PROBLEM: List all lines of the data containing the word "Cause".

GIVEN DATA:
//! The desk: where collectors hand in what they saw and the auditor takes it, each collector's parcels in its order.
#![tactic(auto)]

mod desks;
mod rules;
mod tallies;

pub use desks::{AuditorPass, CollectorPass, CollectorPasses, Desk};
pub use rules::{Item, Parcel, View};
pub use tallies::Tally;
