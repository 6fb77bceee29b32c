ghost use Rattle.std.specs.Prelude.{◌≡◌, ◌+◌, ◌<◌, ◌++◌, ◌∷◌, [], List, length, slice_set, slice_index};
ghost use Rattle.crossbeam_queue.specs.Passes.{view, IsPassOf};
ghost use Rattle.fragment_intake.specs.declared.rules.Parcel.{Parcel};
ghost use Rattle.fragment_intake.specs.Collectors.{Counts, IsCollectorOf, LeavesOf};
ghost use Rattle.fragment_intake.specs.Delivers.{of, Tells};

use crate::desks::{AuditorPass, CollectorPass};
use crate::rules::{Line, Parcel, Roles, Takes, View};
use crossbeam_queue::Pass;
use std::sync::Wait;

/// How many parcels of each collector were submitted, taken and left.
#[derive(Clone, Copy, Debug, PartialEq, Eq)]
pub struct Tally {
    pub submitted: [u64; 4],
    pub taken: [u64; 4],
    pub left: [u64; 4],
}

/// Counts one more of the collector.
pub fn count(counts: &mut [u64; 4], collector: u64)
    requires place { collector < 4 }
    requires room { slice_index counts.old collector < 281474976710656 }
    ensures { counts.new ≡ slice_set counts.old collector (slice_index counts.old collector + 1) }
{
    counts[collector as usize] += 1;
}

/// Counts the parcel, and drops it.
fn count_last(counts: &mut [u64; 4], parcel: Parcel)
    requires place { parcel.collector < 4 }
    requires room { slice_index counts.old parcel.collector < 281474976710656 }
    ensures { counts.new ≡ slice_set counts.old parcel.collector (slice_index counts.old parcel.collector + 1) }
{
    count(counts, parcel.collector);
}

/// Takes a collector's part in, and tells how much it has submitted.
fn take_in(line: &Line, pass: &mut Pass<Parcel, View>, collector: CollectorPass) -> u64
    requires pass { IsPassOf line.now pass.old }
    requires desk { collector.0 ≡ line.now.table.shared.table_id }
    ensures pass { IsPassOf line.now pass.new }
    ensures mine { (view pass.new).mine ≡ (view pass.old).mine ++ (collector.1, collector.2) ∷ [] }
    ensures rest { ((view pass.new).audits ≡ (view pass.old).audits) × ((view pass.new).got ≡ (view pass.old).got) }
    ensures count { result ≡ length collector.2 }
{
    let CollectorPass {
        pass: theirs,
        who: _,
        next,
    } = collector;
    line.absorb::<Roles>(pass, theirs);
    next
}

/// Takes all that is left, and counts it.
fn drain<R: Wait>(rt: &R, line: &Line, pass: &mut Pass<Parcel, View>) -> [u64; 4]
    requires pass { IsPassOf line.now pass.old }
    requires audits { 0 < (view pass.old).audits }
    ensures pass { IsPassOf line.now pass.new }
    ensures mine { ((view pass.new).mine ≡ (view pass.old).mine) × ((view pass.new).audits ≡ (view pass.old).audits) }
    ensures got { (left : List Parcel) × ((view pass.new).got ≡ (view pass.old).got ++ left) × Counts result left }
    ensures whole { Tells (λ p. of p (view pass.new).got) (view pass.new).mine }
{
    let mut counts = [0u64; 4];
    for _ in rt.forever() {
        let Some(parcel) = line.pop_as::<Takes, R>(rt, pass) else {
            return counts;
        };
        count_last(&mut counts, parcel);
    }
    unreachable!()
}

/// The tally of a desk whose collectors have ended.
pub fn settle_up<R: Wait>(
    rt: &R,
    line: Line,
    first: CollectorPass,
    second: CollectorPass,
    third: CollectorPass,
    fourth: CollectorPass,
    auditor: AuditorPass,
) -> Tally
    requires first { (first.0 ≡ line.table.shared.table_id) × (first.1 ≡ 0) }
    requires second { (second.0 ≡ line.table.shared.table_id) × (second.1 ≡ 1) }
    requires third { (third.0 ≡ line.table.shared.table_id) × (third.1 ≡ 2) }
    requires fourth { (fourth.0 ≡ line.table.shared.table_id) × (fourth.1 ≡ 3) }
    requires auditor { auditor.0 ≡ line.table.shared.table_id }
    ensures submitted { result.submitted ≡ length first.2 ∷ length second.2 ∷ length third.2 ∷ length fourth.2 ∷ [] }
    ensures taken { Counts result.taken auditor.1 }
    ensures left { LeavesOf result.left auditor.1 first.2 second.2 third.2 fourth.2 }
{
    let AuditorPass { mut pass, taken } = auditor;
    let submitted = [
        take_in(&line, &mut pass, first),
        take_in(&line, &mut pass, second),
        take_in(&line, &mut pass, third),
        take_in(&line, &mut pass, fourth),
    ];
    let left = drain(rt, &line, &mut pass);
    Tally {
        submitted,
        taken,
        left,
    }
}
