ghost use Rattle.std.specs.Prelude.{◌≡◌, ◌+◌, ◌<◌, ◌≤◌, ◌^◌, ◌++◌, ◌∷◌, [], List, length, IfOk, MatchOption, MatchResult};
ghost use Rattle.crossbeam_queue.specs.Fifo.{Held};
ghost use Rattle.fragment_intake.specs.declared.rules.Parcel.{Parcel};
ghost use Rattle.fragment_intake.specs.Collectors.{AreCollectorsOf, Counts, HasSubmitted, HasTaken, LeavesOf};
ghost use Rattle.fragment_intake.specs.Delivers.{of, seen, collector, Settled, Waits};

use crate::rules::{Item, Line, Parcel, Puts, Roles, Takes, View};
use crate::tallies::{Tally, count, settle_up};
use crossbeam_queue::Pass;
use std::alloc::Global;
use std::marker::Model;
use std::sync::Wait;
use txn::NoMemory;

/// Where collectors submit. Contracts see which desk it is, and its capacity.
#[derive(Drop)]
pub struct Desk {
    line: Line,
}

impl Model for Desk {
    ghost use Rattle.std.specs.Prelude.{ℕ};
    ghost use Rattle.atomic_table.specs.Seated.{TableId};

    ghost Value = { TableId × ℕ };

    ghost view = { λ d. (d.line.table.shared.table_id, d.line.cap) };
}

/// The right of one collector to submit. Contracts see the desk, the collector's number and what it has submitted.
#[derive(Drop)]
pub struct CollectorPass {
    pub(crate) pass: Pass<Parcel, View>,
    pub(crate) who: u64,
    pub(crate) next: u64,
}

impl Model for CollectorPass {
    ghost use Rattle.std.specs.Prelude.{◌≡◌, ◌<◌, ℕ, List, [], length};
    ghost use Rattle.atomic_table.specs.Seated.{TableId};
    ghost use Rattle.fragment_intake.specs.declared.rules.Parcel.{Parcel};
    ghost use Rattle.fragment_intake.specs.Delivers.{put_of, collector};

    ghost Value = { TableId × ℕ × List Parcel };

    ghost view = { λ s. (s.pass.table_id, s.who, put_of s.pass.me.0.client.mine) };

    ghost invariant = { λ s. (s.pass.me.1 ≡ []) × (s.pass.me.0.client ≡ collector s.who (put_of s.pass.me.0.client.mine)) × (s.next ≡ length (put_of s.pass.me.0.client.mine)) × (s.who < 4) };
}

/// The right to take. Contracts see the desk and what was taken.
#[derive(Drop)]
pub struct AuditorPass {
    pub(crate) pass: Pass<Parcel, View>,
    pub(crate) taken: [u64; 4],
}

impl Model for AuditorPass {
    ghost use Rattle.std.specs.Prelude.{◌≡◌, List, []};
    ghost use Rattle.atomic_table.specs.Seated.{TableId};
    ghost use Rattle.fragment_intake.specs.declared.rules.Parcel.{Parcel};
    ghost use Rattle.fragment_intake.specs.Collectors.{Counts};
    ghost use Rattle.fragment_intake.specs.Delivers.{seen};

    ghost Value = { TableId × List Parcel };

    ghost view = { λ s. (s.pass.table_id, s.pass.me.0.client.got) };

    ghost invariant = { λ s. (s.pass.me.1 ≡ []) × (s.pass.me.0.client ≡ seen [] 1 s.pass.me.0.client.got) × Counts s.taken s.pass.me.0.client.got };
}

/// The passes of a desk's four collectors, in order of their numbers.
pub type CollectorPasses = (CollectorPass, CollectorPass, CollectorPass, CollectorPass);

impl Desk {
    /// A desk with this many places, with the passes of its four collectors and of the auditor.
    pub fn new(
        alloc: Global,
        capacity: usize,
    ) -> Result<(Desk, CollectorPasses, AuditorPass), NoMemory>
        requires { (0 < capacity) × (capacity ≤ 1024) }
        ensures collectors { IfOk result (λ r. AreCollectorsOf r.0 r.1) }
        ensures nothing { IfOk result (λ r. (r.1.0.2 ≡ []) × (r.1.1.2 ≡ []) × (r.1.2.2 ≡ []) × (r.1.3.2 ≡ [])) }
        ensures auditor { IfOk result (λ r. (r.2.0 ≡ r.0.0) × (r.2.1 ≡ [])) }
        ensures capacity { IfOk result (λ r. r.0.1 ≡ capacity) }
    {
        let (line, mut pass) = Line::ruled(alloc, capacity)?;
        let first = line.another::<Roles>(&mut pass);
        let second = line.another::<Roles>(&mut pass);
        let third = line.another::<Roles>(&mut pass);
        let fourth = line.another::<Roles>(&mut pass);
        let collectors = (
            collector_pass(first, 0),
            collector_pass(second, 1),
            collector_pass(third, 2),
            collector_pass(fourth, 3),
        );
        let auditor = AuditorPass {
            pass,
            taken: [0; 4],
        };
        Ok((Desk { line }, collectors, auditor))
    }

    /// Submits the item as its collector's next parcel. Where the queue is full the item comes back, and the pass is as it was.
    pub fn submit<R: Wait>(&self, rt: &R, pass: &mut CollectorPass, item: Item) -> Result<(), Item>
        requires desk { pass.old.0 ≡ self.now.0 }
        requires few { length pass.old.2 < 2 ^ 48 }
        ensures same { (pass.new.0 ≡ pass.old.0) × (pass.new.1 ≡ pass.old.1) }
        ensures submitted { MatchResult result
            (λ _. HasSubmitted pass.old.1 pass.old.2 item pass.new.2)
            (λ x. (x ≡ item) × (pass.new.2 ≡ pass.old.2) × Held self.now.1 (Waits (collector pass.old.1 pass.old.2))) }
    {
        let parcel = Parcel {
            collector: pass.who,
            place: pass.next,
            item,
        };
        match self.line.push_as::<Puts, R>(rt, &mut pass.pass, parcel) {
            Ok(()) => {
                pass.next += 1;
                Ok(())
            }
            Err(
                Parcel {
                    collector: _,
                    place: _,
                    item,
                },
            ) => Err(item),
        }
    }

    /// Takes the oldest parcel, unless the queue is empty.
    pub fn take<R: Wait>(&self, rt: &R, pass: &mut AuditorPass) -> Option<Parcel>
        requires { pass.old.0 ≡ self.now.0 }
        ensures same { pass.new.0 ≡ pass.old.0 }
        ensures taken { MatchOption result ((pass.new.1 ≡ pass.old.1) × Held 0 (Settled (seen [] 1 pass.old.1))) (λ next. HasTaken pass.old.1 next pass.new.1) }
    {
        let parcel = self.line.pop_as::<Takes, R>(rt, &mut pass.pass)?;
        count(&mut pass.taken, parcel.collector);
        Some(parcel)
    }

    /// Ends the desk, once the collectors have ended: of each, what was taken and then what is left is what it submitted.
    pub fn tally<R: Wait>(self, rt: &R, collectors: CollectorPasses, auditor: AuditorPass) -> Tally
        requires collectors { AreCollectorsOf self collectors }
        requires auditor { auditor.0 ≡ self.0 }
        ensures submitted { result.submitted ≡ length collectors.0.2 ∷ length collectors.1.2 ∷ length collectors.2.2 ∷ length collectors.3.2 ∷ [] }
        ensures taken { Counts result.taken auditor.1 }
        ensures left { LeavesOf result.left auditor.1 collectors.0.2 collectors.1.2 collectors.2.2 collectors.3.2 }
    {
        let Desk { line } = self;
        let (first, second, third, fourth) = collectors;
        settle_up(rt, line, first, second, third, fourth, auditor)
    }
}

/// The pass of a collector that has submitted nothing.
fn collector_pass(pass: Pass<Parcel, View>, who: u64) -> CollectorPass
    requires slots { pass.me.1 ≡ [] }
    requires fresh { pass.me.0.client ≡ collector who [] }
    requires number { who < 4 }
    ensures { (result.0 ≡ pass.table_id) × (result.1 ≡ who) × (result.2 ≡ []) }
{
    CollectorPass { pass, who, next: 0 }
}
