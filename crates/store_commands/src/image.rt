//! `image`: an image of the stores of a form set, made of given bytes.

ghost use Rattle.std.specs.Prelude.{◌≡◌, ◌≢◌, ℕ, List, None, Ok, map, option_copied, option_map, IfErr, OnErr, IfOk};
ghost use Rattle.hii_varstore.specs.StoreNodes.{layout_of};
ghost use Rattle.exported_config.specs.code.Views.{exported_view};
ghost use Rattle.store_commands.specs.Configured as spec;
ghost use Rattle.store_commands.specs.Configured.{IsText};
ghost use Rattle.ifr_nodes.specs.Nodes.{nodes_of};
ghost use Rattle.store_audit.specs.Fillings.{buffer_stores};
ghost use Rattle.store_audit.specs.code.Defaulted.{defaults_view};
ghost use Rattle.store_audit.specs.code.Fillings.{filling_node};
ghost use Rattle.audit_answers.specs.Endings.{TellsAndWrites};
ghost use Rattle.audit_json.specs.Telling.{asked};
ghost use Rattle.store_commands.specs.Imaging.{SaysImage, unknown_file};
ghost use Rattle.audit_answers.specs.Listing.{SaysOfList};
ghost use Rattle.store_commands.specs.Defaulting.{IsMadeOf, defaults_asked};
ghost use Rattle.store_commands.specs.code.Defaulting.{AreTexts};
ghost use Rattle.store_commands.specs.code.Imaging.{SaysFillings};

use crate::config::{config_in, put_bad_response, text_of};
use crate::saying::put_no_store;
use crate::sources::{Unsourced, fillings};
use crate::store_files::{StoreFiles, SystemFiles};
use crate::texts::{defaults_of, texts_for};
use audit_answers::{
    Answers, Ended, answers, commit, finish, given_list, refuse, refuse_list, told_with_file,
};
use audit_json::Telling;
use audit_options::{ImageOptions, StoreFile};
use exported_config::{ExportedConfig, Unread};
use hii_bytes::{Cause, Fault, Watched};
use hii_languages::Languages;
use hii_varstore::Layout;
use setup_files::{
    Status, Terminals, WholeFile, fault, file, is_same_file, out_file, refused, usage,
};
use std::alloc::Global;
use std::fs;
use std::io::Write;
use std::rt::Files;
use store_audit::{Declared, Defaults, Filling, put_image};

const LIST_AS_OUT: &str = "error: --out is the file of --list\n";

const CONFIG_AS_OUT: &str = "error: --out is the file of --config\n";

const STORE_AS_OUT: &str = "error: --out is a file of --store\n";

/// Makes the image of the stores of a list, and tells where the bytes of each come from.
pub fn run<R: Files + Print + Eprint + AllocGlobal>(
    rt: &R,
    terminals: Terminals,
    options: &ImageOptions<'_>,
) -> Result<Status, Status>
    ensures { IfErr result (λ status. status ≢ Status.Done) }
{
    if is_same_file(rt, options.list.path, options.out) {
        return Err(usage(rt, &LIST_AS_OUT));
    }
    if let Some(config) = options.sources.config {
        if is_same_file(rt, config, options.out) {
            return Err(usage(rt, &CONFIG_AS_OUT));
        }
    }
    if is_store_file(rt, options) {
        return Err(usage(rt, &STORE_AS_OUT));
    }
    let Ok(out) = out_file(rt, options.out) else {
        return Err(refused(rt, terminals, Cause::OutOfMemory));
    };
    let list = file(rt, terminals, options.list.path, "read list")?;
    if let Some(folder) = options.sources.efivars {
        check_folder(rt, terminals, folder)?;
    }
    let files = SystemFiles::new(rt, terminals, Some(options.out));
    let mut answers = answers(rt, terminals)?;
    let mut out = Watched::new(out);
    let ended = make(rt.alloc(), options, &list, &files, &mut answers, &mut out)?;
    Ok(told_with_file(rt, terminals, ended, answers, options.out, out))
}

/// Refuses what is no folder of variables' files.
pub fn check_folder<R: Files + Eprint>(
    rt: &R,
    terminals: Terminals,
    folder: &str,
) -> Result<(), Status>
    ensures { IfErr result (λ status. status ≢ Status.Done) }
{
    let reason = match fs::metadata(rt, folder) {
        Ok(found) if found.is_dir() => return Ok(()),
        Ok(_) => None,
        Err(reason) => Some(reason),
    };
    Err(fault(rt, terminals, "read efivars", folder, reason))
}

// Whether the file of `--out` is one of those that are given to stores.
fn is_store_file<R: Files>(rt: &R, options: &ImageOptions<'_>) -> bool {
    for file in options.sources.files.as_slice() {
        if is_same_file(rt, file.path, options.out) {
            return true;
        }
    }
    false
}

// Makes the image of the stores of the list that the options name. What is refused leaves no image. Where a file is not read this is
// the status with which the program ends, and nothing is written.
fn make<F: StoreFiles, A: Write + Drop, O: Write>(
    alloc: Global,
    options: &ImageOptions<'_>,
    file: &WholeFile<'_>,
    files: &F,
    answers: &mut Answers<A>,
    out: &mut Watched<O>,
) -> Result<Ended, Status>
    requires { file.now.path.now ≡ options.now.list.path.now }
    ensures told { IfOk result (λ ended. TellsAndWrites
        (λ bytes. SaysOfList (asked options.now.json) options.now.list.take file.now.bytes.items
        (λ list. SaysImage (F.known files.now) options.now list.bytes bytes))
        A.contents O.contents answers.old out.old ended answers.new out.new) }
    ensures unread { OnErr result ((answers.new ≡ answers.old) × (out.new ≡ out.old)) }
    ensures err { IfErr result (λ status. status ≢ Status.Done) }
{
    match given_list(file.bytes.as_slice(), options.list.take) {
        Ok(list) => make_of(alloc, options, list.bytes, files, answers, out),
        Err(none) => Ok(refuse_list(Telling::of(options.json), none, answers)),
    }
}

// Makes the image of the stores that a list declares.
fn make_of<F: StoreFiles, A: Write + Drop, O: Write>(
    alloc: Global,
    options: &ImageOptions<'_>,
    list: &[u8],
    files: &F,
    answers: &mut Answers<A>,
    out: &mut Watched<O>,
) -> Result<Ended, Status>
    ensures told { IfOk result (λ ended. TellsAndWrites
        (SaysImage (F.known files.now) options.now list.now)
        A.contents O.contents answers.old out.old ended answers.new out.new) }
    ensures unread { OnErr result ((answers.new ≡ answers.old) × (out.new ≡ out.old)) }
    ensures err { IfErr result (λ status. status ≢ Status.Done) }
{
    match texts_for(alloc, list, options) {
        Ok(texts) => make_over(alloc, options, list, texts.as_ref(), files, answers, out),
        Err(fault) => Ok(refuse(Telling::of(options.json), fault, answers)),
    }
}

// Makes the image of the stores that a list declares, where defaults are taken from its texts, if they are asked for.
fn make_over<'a, F: StoreFiles, A: Write + Drop, O: Write>(
    alloc: Global,
    options: &ImageOptions<'_>,
    list: &'a [u8],
    texts: Option<&Languages<'a>>,
    files: &F,
    answers: &mut Answers<A>,
    out: &mut Watched<O>,
) -> Result<Ended, Status>
    requires { AreTexts options.now.defaults list.now (option_map (λ texts. texts.now) texts) }
    ensures told { IfOk result (λ ended. TellsAndWrites
        (SaysImage (F.known files.now) options.now list.entry.now)
        A.contents O.contents answers.old out.old ended answers.new out.new) }
    ensures unread { OnErr result ((answers.new ≡ answers.old) × (out.new ≡ out.old)) }
    ensures err { IfErr result (λ status. status ≢ Status.Done) }
{
    match Declared::read(alloc, list, usize::from(options.list.forms)) {
        Ok(declared) => {
            let defaults = defaults_of(options, texts);
            fill(alloc, options, &declared, defaults, files, answers, out)
        }
        Err(fault) => Ok(refuse(Telling::of(options.json), fault, answers)),
    }
}

// Makes the image of the stores that are declared.
fn fill<'a, F: StoreFiles, A: Write + Drop, O: Write>(
    alloc: Global,
    options: &ImageOptions<'_>,
    declared: &Declared<'a>,
    defaults: Option<Defaults<'a, '_>>,
    files: &F,
    answers: &mut Answers<A>,
    out: &mut Watched<O>,
) -> Result<Ended, Status>
    ensures told { IfOk result (λ ended. (list : List ℕ)
        → IsMadeOf options.now list declared.now
        → option_map defaults_view defaults.entry ≡ defaults_asked options.now list
        → TellsAndWrites (SaysImage (F.known files.now) options.now list)
        A.contents O.contents answers.old out.old ended answers.new out.new) }
    ensures unread { OnErr result ((answers.new ≡ answers.old) × (out.new ≡ out.old)) }
    ensures err { IfErr result (λ status. status ≢ Status.Done) }
{
    let telling = Telling::of(options.json);
    if let Some(file) = unknown_file(declared.layout(), options.sources.files.as_slice()) {
        put_no_store(telling, file.id, answers);
        return Ok(finish(Ended::Refused, answers));
    }
    let text = match text_of(alloc, files, &options.sources) {
        Ok(text) => text,
        Err(Unsourced::NoMemory) => return Ok(refuse(telling, Fault::out_of_memory(), answers)),
        Err(Unsourced::Unread(status)) => return Err(status),
    };
    match config_in(alloc, declared, text.as_slice()) {
        Ok(config) => fill_from(
            alloc, options, declared, defaults, files, &config, answers, out,
        ),
        Err(Unread::NoMemory) => Ok(refuse(telling, Fault::out_of_memory(), answers)),
        Err(Unread::Bad(bad)) => {
            put_bad_response(telling, bad, answers);
            Ok(finish(Ended::Refused, answers))
        }
    }
}

// Makes the image of the stores that are declared, none of whose files is given to another store, over a configuration text.
fn fill_from<'a, F: StoreFiles, A: Write + Drop, O: Write>(
    alloc: Global,
    options: &ImageOptions<'_>,
    declared: &Declared<'a>,
    defaults: Option<Defaults<'a, '_>>,
    files: &F,
    config: &ExportedConfig<'_>,
    answers: &mut Answers<A>,
    out: &mut Watched<O>,
) -> Result<Ended, Status>
    ensures told { IfOk result (λ ended. (list text : List ℕ)
        → IsMadeOf options.now list declared.now
        → option_map defaults_view defaults.entry ≡ defaults_asked options.now list
        → unknown_file (layout_of (nodes_of declared.now)) options.now.sources.files.items ≡ None
        → IsText (F.known files.now) (option_map (λ path. path.now) options.now.sources.config) text
        → spec.config_in declared.now text ≡ Ok (exported_view config.now)
        → TellsAndWrites (SaysImage (F.known files.now) options.now list)
        A.contents O.contents answers.old out.old ended answers.new out.new) }
    ensures unread { OnErr result ((answers.new ≡ answers.old) × (out.new ≡ out.old)) }
    ensures err { IfErr result (λ status. status ≢ Status.Done) }
{
    let telling = Telling::of(options.json);
    let fillings = match fillings(alloc, files, declared, &options.sources, config) {
        Ok(fillings) => fillings,
        Err(Unsourced::NoMemory) => return Ok(refuse(telling, Fault::out_of_memory(), answers)),
        Err(Unsourced::Unread(status)) => return Err(status),
    };
    Ok(write(
        telling,
        alloc,
        declared,
        fillings.as_slice(),
        defaults,
        answers,
        out,
    ))
}

// Writes the image of stores that are given what they hold, each of which is told before it.
fn write<'a, A: Write + Drop, O: Write>(
    telling: Telling,
    alloc: Global,
    declared: &Declared<'a>,
    fillings: &[Filling<'_>],
    defaults: Option<Defaults<'a, '_>>,
    answers: &mut Answers<A>,
    out: &mut Watched<O>,
) -> Ended
    requires { map filling_node fillings.now ≡ buffer_stores (nodes_of declared.now) }
    ensures { TellsAndWrites (SaysFillings telling declared.now (option_map defaults_view defaults.entry) fillings.now)
        A.contents O.contents answers.old out.old result answers.new out.new }
{
    match put_image(telling, alloc, declared, fillings, defaults, answers, out) {
        Ok(true) => commit(answers, out),
        Ok(false) => finish(Ended::Refused, answers),
        Err(fault) => refuse(telling, fault, answers),
    }
}

// The first file that is given to a store which is not there, or which holds no bytes.
fn unknown_file<'f, 'a>(
    layout: &Layout<'_>,
    files: &'f [StoreFile<'a>],
) -> Option<&'f StoreFile<'a>>
    ensures { option_copied result ≡ unknown_file layout.now files.entry.now }
{
    files.iter().find(|file| layout.size(file.id).is_none())
}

EXPECTED ANSWER:
use hii_bytes::{Cause, Fault, Watched};
        return Err(refused(rt, terminals, Cause::OutOfMemory));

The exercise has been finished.